Periductal Stromal Collagen Topology of Pancreatic Ductal Adenocarcinoma Differs From That of Normal and Chronic Pancreatitis

Cole R Drifka; Jo Tod; Agnes G Loeffler; Yuming Liu; Gareth J Thomas; Kevin W Eliceiri; Kao W John

Disclosures

Mod Pathol. 2015;28(11):1470-1480. 

In This Article

Materials and Methods

Human Tissue Microarrays

To assess collagen in different pancreatic tissue types, formalin-fixed paraffin-embedded human tissue microarrays were obtained commercially (US Biomax, Rockville, MD, USA). We also obtained additional human pancreatic tissue microarrays constructed from surgical specimens from patients that underwent resection for primary pancreatic ductal adenocarcinoma tumors at University Hospital Southampton. Human tissues were obtained between 2000 and 2010, under approval from the institutional review board (10/H0502/72). All tissues used in this study were derived from tumor excisions with curative intent (not diagnostic biopsies). Cases of hereditary pancreatitis or autoimmune pancreatitis were not included. Hematoxylin and eosin-stained slides were reviewed to confirm the diagnosis, and cases were excluded at this stage if it was unclear whether tumor originated from the pancreatic head or distal common bile duct. One to three cylindrical cores were taken from representative areas of each tumor block. Areas sampled included areas containing tumor islands, areas containing only tumor-associated stroma and surrounding areas with no evidence of tumor involvement as determined by a consultant pathologist.

Multiphoton Microscopy

Multiphoton laser-scanning microscopy was performed using a custom-built workstation at the University of Wisconsin Laboratory for Optical and Computational Instrumentation imaging research facility. All images were acquired using a Nikon Eclipse TE2000U inverted microscope through a Nikon S Fluor 20 × air-immersion objective (numerical aperture=0.75) (Nikon, Chiyoda, Tokyo). A mode-locked MIRA 900 Titanium:Sapphire laser (Coherent, Santa Clara, CA, USA) was tuned to an excitation wavelength of 890 nm to deliver ~10 mW of power at the sample.

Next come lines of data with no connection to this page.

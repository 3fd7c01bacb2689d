//! Arrays of one length and of any.
ghost use Rattle.std.specs.Prelude.{◌≡◌, option_map, option_and_then};
ghost use Rattle.serde_json.specs.Find.{as_array};
ghost use Rattle.serde_json.specs.View.{view};
ghost use Rattle.icu_tables.specs.Shape.{array_of, pair_of, triple_of, two_items, three_items};

use crate::TableError;
use crate::from_json::values::FromValue;
use serde_json::Value;
use std::alloc::Global;

// The items of an array of exactly two.
fn two_items(value: &Value) -> Option<(&Value, &Value)>
    ensures { option_map (λ two. (view two.0.now, view two.1.now)) result
        ≡ option_and_then two_items (as_array (view value.now)) }
{
    match value.as_array()?.as_slice() {
        [first, second] => Some((first, second)),
        _ => None,
    }
}

// The items of an array of exactly three.
fn three_items(value: &Value) -> Option<(&Value, &Value, &Value)>
    ensures { option_map (λ three. (view three.0.now, view three.1.now, view three.2.now)) result
        ≡ option_and_then three_items (as_array (view value.now)) }
{
    match value.as_array()?.as_slice() {
        [first, second, third] => Some((first, second, third)),
        _ => None,
    }
}

impl<A: FromValue, B: FromValue> FromValue for (A, B) {
    ghost Seen = { A.Seen × B.Seen };

    ghost seen = { λ pair. (A.seen pair.0, B.seen pair.1) };

    ghost shape = { pair_of A.shape B.shape };

    fn from_value(alloc: Global, value: &Value) -> Result<Self, TableError> {
        let Some((first, second)) = two_items(value) else {
            return Err(TableError::Shape);
        };
        Ok((A::from_value(alloc, first)?, B::from_value(alloc, second)?))
    }
}

impl<A: FromValue, B: FromValue, C: FromValue> FromValue for (A, B, C) {
    ghost Seen = { A.Seen × B.Seen × C.Seen };

    ghost seen = { λ triple. (A.seen triple.0, B.seen triple.1, C.seen triple.2) };

    ghost shape = { triple_of A.shape B.shape C.shape };

    fn from_value(alloc: Global, value: &Value) -> Result<Self, TableError> {
        let Some((first, second, third)) = three_items(value) else {
            return Err(TableError::Shape);
        };
        Ok((
            A::from_value(alloc, first)?,
            B::from_value(alloc, second)?,
            C::from_value(alloc, third)?,
        ))
    }
}

impl<T: FromValue> FromValue for Vec<T> {
    ghost use Rattle.std.specs.Prelude.{List, map};

    ghost Seen = { List T.Seen };

    ghost seen = { λ list. map T.seen list.items };

    ghost shape = { array_of T.shape };

    fn from_value(alloc: Global, value: &Value) -> Result<Self, TableError> {
        let Some(items) = value.as_array() else {
            return Err(TableError::Shape);
        };
        let mut list = Vec::new(alloc);
        for item in items {
            list.push(T::from_value(alloc, item)?)?;
        }
        Ok(list)
    }
}
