//! Keys of rows.
ghost use Rattle.std.specs.Prelude.{◌≡◌};
ghost use Rattle.icu_tables.specs.inner.KeyLaws.{key_above_dash, key_compares, pair_compares};
ghost use Rattle.icu_tables.specs.Subtags.{key_of, key_pair};

use crate::from_json::subtags::FromText;
use std::cmp::Ord;

// What the name of a row's member is read as, if it is a key.
pub(crate) trait RowKey: Ord + Drop {
    ghost use Rattle.std.specs.Prelude.{◌≡◌, List, ℕ, Option};
    ghost use Rattle.icu_tables.specs.inner.KeyLaws.{ComparesNames};

    ghost key: { List ℕ → Option Self };

    fn from_name(name: &str) -> Option<Self>
        ensures { result ≡ key name.now };

    // Keys are in the order of their names.
    ghost by_name: { ComparesNames key Self.cmp };
}

impl<T: FromText> RowKey for T {
    ghost key = { key_of T.written T.reads };

    fn from_name(name: &str) -> Option<Self> {
        let subtag = T::from_text(name)?;
        if subtag.as_text() == name {
            Some(subtag)
        } else {
            None
        }
    }

    ghost by_name = { key_compares T.written T.reads T.cmp T.by_text };
}

impl<A: FromText, B: FromText> RowKey for (A, B) {
    ghost key = { key_pair (key_of A.written A.reads) (key_of B.written B.reads) };

    fn from_name(name: &str) -> Option<Self> {
        let (first, second) = name.split_once('-')?;
        Some((A::from_name(first)?, B::from_name(second)?))
    }

    ghost by_name = { pair_compares (key_of A.written A.reads) (key_of B.written B.reads)
        (key_compares A.written A.reads A.cmp A.by_text)
        (key_compares B.written B.reads B.cmp B.by_text)
        (key_above_dash A.written A.reads A.above_dash) };
}
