//! Objects whose members are rows of a map.
ghost use Rattle.std.specs.Prelude.{◌≡◌, [], Some};
ghost use Rattle.serde_json.specs.Find.{get};
ghost use Rattle.serde_json.specs.View.{view};
ghost use Rattle.icu_tables.specs.Fields.{said_or};
ghost use Rattle.icu_tables.specs.NamedRows.{named_row};
ghost use Rattle.icu_tables.specs.Puts.{map_by, rows_by};
ghost use Rattle.icu_tables.specs.inner.Members.{GoesOn};
ghost use Rattle.icu_tables.specs.inner.Reads.{Appends, Fills, Reads};
ghost use Rattle.icu_tables.specs.Rows.{seen_rows};

use crate::TableError;
use crate::from_json::objects::MemberReader;
use crate::from_json::rows::{FromRows, settled};
use crate::from_json::values::FromValue;
use serde_json::Value;
use std::alloc::Global;
use std::cmp::Ord;

// How a member adds its rows to a list.
pub(crate) trait AddsRows<K, V> {
    ghost use Rattle.std.specs.Prelude.{List, ℕ};
    ghost use Rattle.serde_json.specs.View.{view};
    ghost use Rattle.icu_tables.specs.inner.Reads.{Appends};
    ghost use Rattle.icu_tables.specs.Rows.{seen_rows};
    ghost use Rattle.icu_tables.specs.Shape.{Shape};

    // What a contract sees of what a row holds.
    ghost Seen: { Type 0 };

    ghost seen: { V → Self.Seen };

    // The rows of a member, by its name and value.
    ghost says: { Self → List ℕ → Shape (List (K × Self.Seen)) };

    fn add(
        &self,
        alloc: Global,
        name: &str,
        value: &Value,
        rows: &mut Vec<(K, V)>,
    ) -> Result<(), TableError>
        ensures { Appends result
            (seen_rows Self.seen rows.old.items) (seen_rows Self.seen rows.new.items)
            (Self.says self.now name.now (view value.now)) };
}

// Adds the rows of each member.
pub(crate) fn add_members<K, V, P: AddsRows<K, V>>(
    alloc: Global,
    value: &Value,
    how: &P,
    rows: &mut Vec<(K, V)>,
) -> Result<(), TableError>
    ensures { Appends result
        (seen_rows P.seen rows.old.items) (seen_rows P.seen rows.new.items)
        (rows_by (P.says how.now) (view value.now)) }
{
    let Some(members) = value.as_object() else {
        return Err(TableError::Shape);
    };
    for (name, member) in members.iter() {
        how.add(alloc, name.as_str(), member, rows)?;
    }
    Ok(())
}

// The rows that the members of an object say.
pub(crate) fn rows_in<K: Drop, V: Drop, P: AddsRows<K, V>>(
    alloc: Global,
    value: &Value,
    how: &P,
) -> Result<Vec<(K, V)>, TableError>
    ensures { Reads (λ rows. seen_rows P.seen rows.items) result
        (rows_by (P.says how.now) (view value.now)) }
{
    let mut rows = Vec::new(alloc);
    match add_members(alloc, value, how, &mut rows) {
        Ok(()) => Ok(rows),
        Err(refusal) => Err(refusal),
    }
}

// The map that the members of an object say. No order of the members costs more than a sort.
pub(crate) fn map_in<K: Ord + Drop, V: Drop, P: AddsRows<K, V>, M: FromRows<K, V>>(
    alloc: Global,
    value: &Value,
    how: &P,
) -> Result<M, TableError>
    ensures { Reads (λ map. seen_rows P.seen (M.kept map)) result
        (map_by K.cmp (P.says how.now) (view value.now)) }
{
    match rows_in(alloc, value, how) {
        Ok(rows) => Ok(settled(alloc, rows)?),
        Err(refusal) => Err(refusal),
    }
}

impl<'v> MemberReader<'v> {
    // Fills a map with the rows of the next member, and with none if it is not there.
    pub(crate) fn fill_by<K: Ord + Drop, V: Drop, P: AddsRows<K, V>, M: FromRows<K, V>>(
        mut self,
        name: &str,
        how: &P,
        map: &mut M,
    ) -> MemberReader<'v>
        ensures { GoesOn self.entry result (seen_rows P.seen (M.kept map.new))
            (λ object. said_or (Some []) (map_by K.cmp (P.says how.now)) (get name.now object)) }
    {
        if self.outcome.is_ok() {
            self.outcome = fill_by(self.alloc, self.object, name, how, map);
        }
        self
    }
}

// Puts what a member says into a map in place of its rows, and no rows if it is not there.
fn fill_by<K: Ord + Drop, V: Drop, P: AddsRows<K, V>, M: FromRows<K, V>>(
    alloc: Global,
    object: &Value,
    name: &str,
    how: &P,
    map: &mut M,
) -> Result<(), TableError>
    ensures { let found = get name.now (view object.now) in
        Fills result (seen_rows P.seen (M.kept map.new))
        (said_or (Some []) (map_by K.cmp (P.says how.now)) found) }
{
    *map = match object.get(name) {
        Some(value) => map_in(alloc, value, how)?,
        None => M::from_rows(alloc, Vec::new(alloc))?,
    };
    Ok(())
}

// How the names of members are read as keys.
pub(crate) trait NamesKeys<K> {
    ghost use Rattle.std.specs.Prelude.{◌≡◌, List, ℕ, Option};

    ghost key: { Self → List ℕ → Option K };

    fn key_named(&self, name: &str) -> Option<K>
        ensures { result ≡ key self.now name.now };
}

// Adds one row for each member whose name is a key. Each value has its shape, also where the name is none.
#[derive(Clone, Copy)]
pub(crate) struct RowByRow<R> {
    pub(crate) keys: R,
}

impl<K: Drop, V: FromValue, R: NamesKeys<K>> AddsRows<K, V> for RowByRow<R> {
    ghost Seen = { V.Seen };

    ghost seen = { V.seen };

    ghost says = { λ rows name. named_row (R.key rows.keys name) V.shape };

    fn add(
        &self,
        alloc: Global,
        name: &str,
        value: &Value,
        rows: &mut Vec<(K, V)>,
    ) -> Result<(), TableError> {
        let held = V::from_value(alloc, value)?;
        if let Some(key) = self.keys.key_named(name) {
            rows.push((key, held))?;
        }
        Ok(())
    }
}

A Semrock 445±20 nm narrow-band pass filter was used to isolate the backscattered second harmonic generation signal. Tissue microarrays were imaged in entirety using an acquisition grid defined in WiscScan, a laser-scanning software package developed at the Laboratory for Optical and Computational Instrumentation (https://loci.wisc.edu/software/wiscscan). Individual images of 512 × 512 pixels were acquired within the constraints of the grid with a 10% overlap between images. Following acquisition, a FIJI plugin[22] was used to stitch the images together based on OME-XML metadata.[23,24] Two-photon excited fluorescence images were also acquired without filtering in selected regions of interest.

Pathology Review

Hematoxylin and eosin-stained whole-tissue microarray cores were designated by pathology as either representing normal pancreas, chronic pancreatitis only (derived from pancreatic ductal adenocarcinoma cases but with no malignant elements present), or pancreatic ductal adenocarcinoma. Carcinoma tissues were assigned a histological grade according to the three-tier grading scheme by two pathologists. In total, tissues from 241 patients were considered. Select tissues (from 117 patients) were subjected to additional review by a pathologist (AL) to assess collagen changes in relation to relevant epithelial–stroma interfaces. Tissue microarrays were digitalized using an Aperio CS2 scanner system (Leica Biosystems, Buffalo Grove, IL, USA). Using ImageScope viewing software, normal ducts, ducts in chronic pancreatitis, and pancreatic ductal adenocarcinoma ducts were identified and annotated (1–3 annotations per core). Each annotation was the same size (400 × 400 μm), and representative regions were chosen where roughly a 1:1 epithelial–stroma proportion existed. The pathologists were blinded to the second harmonic generation data, thus eliminating the possibility that collagen visualization influenced how the tissues were reviewed and annotated.

Computational Collagen Fiber Segmentation and Quantification

Collagen fiber quantification was done using CT-FIRE, an open-source software package developed to automatically segment and quantify individual collagen fibers from second harmonic generation images (https://loci.wisc.edu/software/ctfire).[25] CT-FIRE was designed to compute the overall alignment of collagen fibers as well as individual length, straightness, and width. These fiber features were chosen because they appear to be altered in many cancer types compared with normal tissue counterparts.[19] Fiber length and width are calculated as pixel values. Alignment represents the overall directionality of fibers within the image on a scale from 0–1, where 1 indicates all fibers are orientated at the same angle. Straightness is calculated by dividing the distance between each fiber end point by the distance along the path of the fiber and is also on a scale from 0–1, where 1 indicates a perfectly straight fiber. For whole-core CT-FIRE analysis, individual stitched cores were first cropped using a 1.625 by 1.625 mm square region of interest tool in FIJI. For annotation CT-FIRE analysis, the regions drawn on the Aperio scans were transferred to the stitched cores and used to crop the second harmonic generation data prior to analysis. All images were eight-bit and thresholded 10–255 to eliminate background noise before running CT-FIRE using default parameters.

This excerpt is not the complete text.